** Exercise objective **
Set down, exactly as written, every line from the top of the records below to the line containing "first, without its parts.", both ends included, and no others.

Collected data:
● ● ● ● ●

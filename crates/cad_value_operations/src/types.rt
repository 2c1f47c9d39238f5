// What is told of the type of a receiver. A reference inside optionals leads to a node of its own, which is found by another label
// than the receiver is: so the receiver is copied first, without its parts.
ghost use Rattle.std.specs.Prelude.{◌≡◌, option_map};
ghost use Rattle.cad_evaluation.specs.Arguments.{with_argument};
ghost use Rattle.cad_evaluation.specs.Casts as casts;
ghost use Rattle.cad_outcomes.specs.Outcomes.{Gives};
ghost use Rattle.cad_receivers.specs.Views.{at_spot, settled_of, spot_of};
ghost use Rattle.cad_rows.specs.Views.{pure_row, pure_shape, pure_tree};
ghost use Rattle.cad_state.specs.Views.{CarriesOut, FindsAndCarriesOut};
ghost use Rattle.cad_syntax.specs.Types.{pure_type};
ghost use Rattle.cad_value_operations.specs.Code.Members as spec;
ghost use Rattle.cad_values.specs.Values.{pure_value};
ghost use Rattle.cad_world.specs.State.{give};

use crate::arguments::argument;
use crate::spots::leaf_of;
use cad_casts::{is_instance, own_type_of};
use cad_declarations::discard_type;
use cad_operators::{bool_tree, plain_tree};
use cad_outcomes::{RunError, Stop};
use cad_receivers::{Settled, Spot, look};
use cad_rows::{Place, Shape, Tree, discard_tree};
use cad_state::RunState;
use cad_syntax::CadType;
use cad_text_operators::type_in;
use cad_values::Value;
use std::alloc::Global;

/// Whether a receiver is met through a reference and has no label: an account, a part of it or a controller.
fn is_met(spot: Spot<'_>) -> bool
    ensures { result ≡ spec.is_met (spot_of spot.entry) }
{
    match spot.label {
        Some(_) => false,
        None => match spot.rights {
            Some(_) => true,
            None => false,
        },
    }
}

/// What the type of a receiver is told by.
enum Told {
    /// A copy of it without its parts.
    Copy(Tree),
    /// The type that the reference to an account, a part of one or a controller names.
    Named(CadType),
    /// A reference that names none.
    Nothing,
}

/// Lets go of what a type is told by.
fn discard_told(told: Told) {
    match told {
        Told::Copy(tree) => discard_tree(tree),
        Told::Named(own) => discard_type(own),
        Told::Nothing => {}
    }
}

/// The type that a reference names.
fn target_of(value: &Value) -> Option<&CadType>
    ensures { option_map (λ t. pure_type t.now) result ≡ casts.target_of (pure_value value.now) }
{
    match value {
        Value::Reference(reference) => Some(&reference.target),
        _ => None,
    }
}

/// The type that a reference of this shape names which doesn't lead to a node.
fn target_in(shape: &Shape) -> Option<&CadType>
    ensures { option_map (λ t. pure_type t.now) result ≡ casts.target_in (pure_shape shape.now) }
{
    match shape {
        Shape::Plain(value) => target_of(value),
        _ => None,
    }
}

/// A type that a reference names.
fn told_type(own: &CadType) -> Result<Told, Stop>
    ensures { Gives spec.told_of (give (spec.by_name (pure_type own.now))) result }
{
    match own.clone() {
        Ok(copy) => Ok(Told::Named(copy)),
        Err(_) => Err(Stop::Memory),
    }
}

/// The same, where a reference names one.
fn told_named(target: Option<&CadType>) -> Result<Told, Stop>
    ensures { Gives spec.told_of (give (spec.named (option_map (λ t. pure_type t.now) target.entry))) result }
{
    match target {
        Some(own) => told_type(own),
        None => Ok(Told::Nothing),
    }
}

/// What the type of a receiver is told by: of an account, a part of one or a controller by the reference to it, of anything else
/// by a copy.
fn told_by(alloc: Global, spot: Spot<'_>) -> Result<Told, Stop>
    ensures { Gives spec.told_of (give (spec.told_by (spot_of spot.entry))) result }
{
    if is_met(spot) {
        return told_named(target_in(spot.shape));
    }
    match leaf_of(alloc, spot) {
        Ok(tree) => Ok(Told::Copy(tree)),
        Err(_) => Err(Stop::Memory),
    }
}

/// What the type of a receiver is told by that was settled.
fn told_here(state: &RunState, receiver: Settled<'_>) -> Result<Told, Stop>
    ensures { FindsAndCarriesOut spec.told_of (at_spot (settled_of receiver.entry) (λ spot. give (spec.told_by spot))) state.now state.now result }
{
    match look(state, receiver) {
        Ok(spot) => told_by(*state.making.allocator(), spot),
        Err(stop) => Err(stop),
    }
}

/// A type as a value.
fn type_tree(alloc: Global, own: CadType) -> Tree
    ensures { pure_tree result ≡ casts.type_tree (pure_type own) }
{
    plain_tree(alloc, Value::Meta(own))
}

/// The type of a value, as a value; ReferenceInvalid of a reference to what is gone.
fn type_of(state: &mut RunState, tree: &Tree) -> Result<Tree, Stop>
    ensures { FindsAndCarriesOut pure_tree (spec.type_of (pure_tree tree.now)) state.old state.new result }
{
    match own_type_of(state, tree) {
        Ok(own) => Ok(type_tree(*state.making.allocator(), own)),
        Err(stop) => Err(stop),
    }
}

/// The type that is told, as a value; ReferenceInvalid where there is none.
fn type_by(state: &mut RunState, told: Told) -> Result<Tree, Stop>
    ensures { FindsAndCarriesOut pure_tree (spec.with_told (spec.told_of told) (λ own. give (casts.type_tree own))) state.old state.new result }
{
    match told {
        Told::Copy(tree) => {
            let own = type_of(state, &tree);
            discard_tree(tree);
            own
        }
        Told::Named(own) => Ok(type_tree(*state.making.allocator(), own)),
        Told::Nothing => Err(Stop::Failed(RunError::ReferenceInvalid)),
    }
}

/// Whether a value of one type is a value of another, as a value.
fn instance_told(state: &RunState, own: &CadType, wanted: &CadType) -> Result<Tree, Stop>
    ensures { CarriesOut pure_tree (spec.instance_of (pure_type wanted.now) (pure_type own.now)) state.now state.now result }
{
    match is_instance(state, own, wanted) {
        Ok(passes) => Ok(bool_tree(*state.making.allocator(), passes)),
        Err(_) => Err(Stop::Memory),
    }
}

/// Whether a value is of a type, as a value; ReferenceInvalid of a reference to what is gone.
fn instance_of(state: &mut RunState, tree: &Tree, wanted: &CadType) -> Result<Tree, Stop>
    ensures { FindsAndCarriesOut pure_tree (casts.with_type (pure_tree tree.now) (spec.instance_of (pure_type wanted.now))) state.old state.new result }
{
    match own_type_of(state, tree) {
        Ok(own) => {
            let told = instance_told(state, &own, wanted);
            discard_type(own);
            told
        }
        Err(stop) => Err(stop),
    }
}

/// Whether what is told is of a type, as a value; ReferenceInvalid where no type is told.
fn instance_by(state: &mut RunState, told: &Told, wanted: &CadType) -> Result<Tree, Stop>
    ensures { FindsAndCarriesOut pure_tree (spec.with_told (spec.told_of told.now) (spec.instance_of (pure_type wanted.now))) state.old state.new result }
{
    match told {
        Told::Copy(tree) => instance_of(state, tree, wanted),
        Told::Named(own) => instance_told(state, own, wanted),
        Told::Nothing => Err(Stop::Failed(RunError::ReferenceInvalid)),
    }
}

/// Whether what is told is of the type that the argument is, as a value; IllTyped where it is none.
fn instance(state: &mut RunState, told: &Told, row: &[Place]) -> Result<Tree, Stop>
    ensures { FindsAndCarriesOut pure_tree (spec.instance_by (pure_row row.now) (spec.told_of told.now)) state.old state.new result }
{
    match argument(row, 0) {
        Some(given) => match type_in(given) {
            Some(wanted) => instance_by(state, told, wanted),
            None => Err(Stop::IllTyped),
        },
        None => Err(Stop::IllTyped),
    }
}

/// The type of what a receiver is now that was settled; ReferenceInvalid of a reference to what is gone.
pub(crate) fn type_at(state: &mut RunState, receiver: Settled<'_>) -> Result<Tree, Stop>
    ensures { FindsAndCarriesOut pure_tree (at_spot (settled_of receiver.entry) casts.type_told) state.old state.new result }
{
    match told_here(state, receiver) {
        Ok(told) => type_by(state, told),
        Err(stop) => Err(stop),
    }
}

/// Whether what a receiver is now that was settled is of the type that the argument is. Errors as `type_at` has them; IllTyped
/// where the argument is no type.
pub(crate) fn instance_at(
    state: &mut RunState,
    receiver: Settled<'_>,
    row: &[Place],
) -> Result<Tree, Stop>
    ensures { FindsAndCarriesOut pure_tree (at_spot (settled_of receiver.entry) (λ spot. with_argument (pure_row row.now) (casts.instance_told spot))) state.old state.new result }
{
    match told_here(state, receiver) {
        Ok(told) => {
            let answer = instance(state, &told, row);
            discard_told(told);
            answer
        }
        Err(stop) => Err(stop),
    }
}
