// The own types of values.
ghost use Rattle.std.specs.Prelude.{◌≡◌, IfOk};
ghost use Rattle.cad_syntax.specs.Types.{pure_type, optional};
ghost use Rattle.cad_values.specs.Types as spec;
ghost use Rattle.cad_values.specs.Values.{pure_value};

use crate::value::Value;
use cad_syntax::{Basic, CadType, Domain, Kind};
use std::alloc::{AllocError, Global};

/// The type of the paths into a domain.
fn path_type(domain: Domain) -> CadType
    ensures { pure_type result ≡ spec.path_type domain }
{
    match domain {
        Domain::Storage => CadType::Basic(Basic::StoragePath),
        Domain::Public => CadType::Basic(Basic::PublicPath),
    }
}

/// The own type of a value; of nil `Never?`.
pub fn type_of_value(alloc: Global, value: &Value) -> Result<CadType, AllocError>
    ensures { IfOk result (λ t. pure_type t ≡ spec.type_of_value (pure_value value.now)) }
{
    Ok(match value {
        Value::Void => CadType::Basic(Basic::Void),
        Value::Nil => CadType::Optional(Box::new(alloc, CadType::Basic(Basic::Never))?),
        Value::Some(content) => CadType::Optional(Box::new(alloc, type_of_value(alloc, content)?)?),
        Value::Bool(_) => CadType::Basic(Basic::Bool),
        Value::Number(n) => CadType::Basic(Basic::Number(n.kind)),
        Value::String(_) => CadType::Basic(Basic::String),
        Value::Character(_) => CadType::Basic(Basic::Character),
        Value::Address(_) => CadType::Basic(Basic::Number(Kind::Address)),
        Value::Path(path) => path_type(path.domain),
        Value::Meta(_) => CadType::Basic(Basic::Meta),
        Value::Capability(cap) => CadType::CapabilityOf(Box::new(alloc, cap.borrow.clone()?)?),
        Value::Array { element, .. } => CadType::Array(Box::new(alloc, element.clone()?)?),
        Value::Dictionary { key, value, .. } => {
            let keys = Box::new(alloc, key.clone()?)?;
            CadType::Dictionary(keys, Box::new(alloc, value.clone()?)?)
        }
        Value::Composite { id, .. } => CadType::Declared(id.clone()?),
        Value::Reference(reference) => {
            let target = Box::new(alloc, reference.target.clone()?)?;
            CadType::Reference(reference.authorization.clone()?, target)
        }
    })
}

● ● ● ● ●

** Your solution **
filename crates/cad_value_operations/src/types.rt
repository 2c1f47c9d39238f5
// What is told of the type of a receiver. A reference inside optionals leads to a node of its own, which is found by another label
// than the receiver is: so the receiver is copied first, without its parts.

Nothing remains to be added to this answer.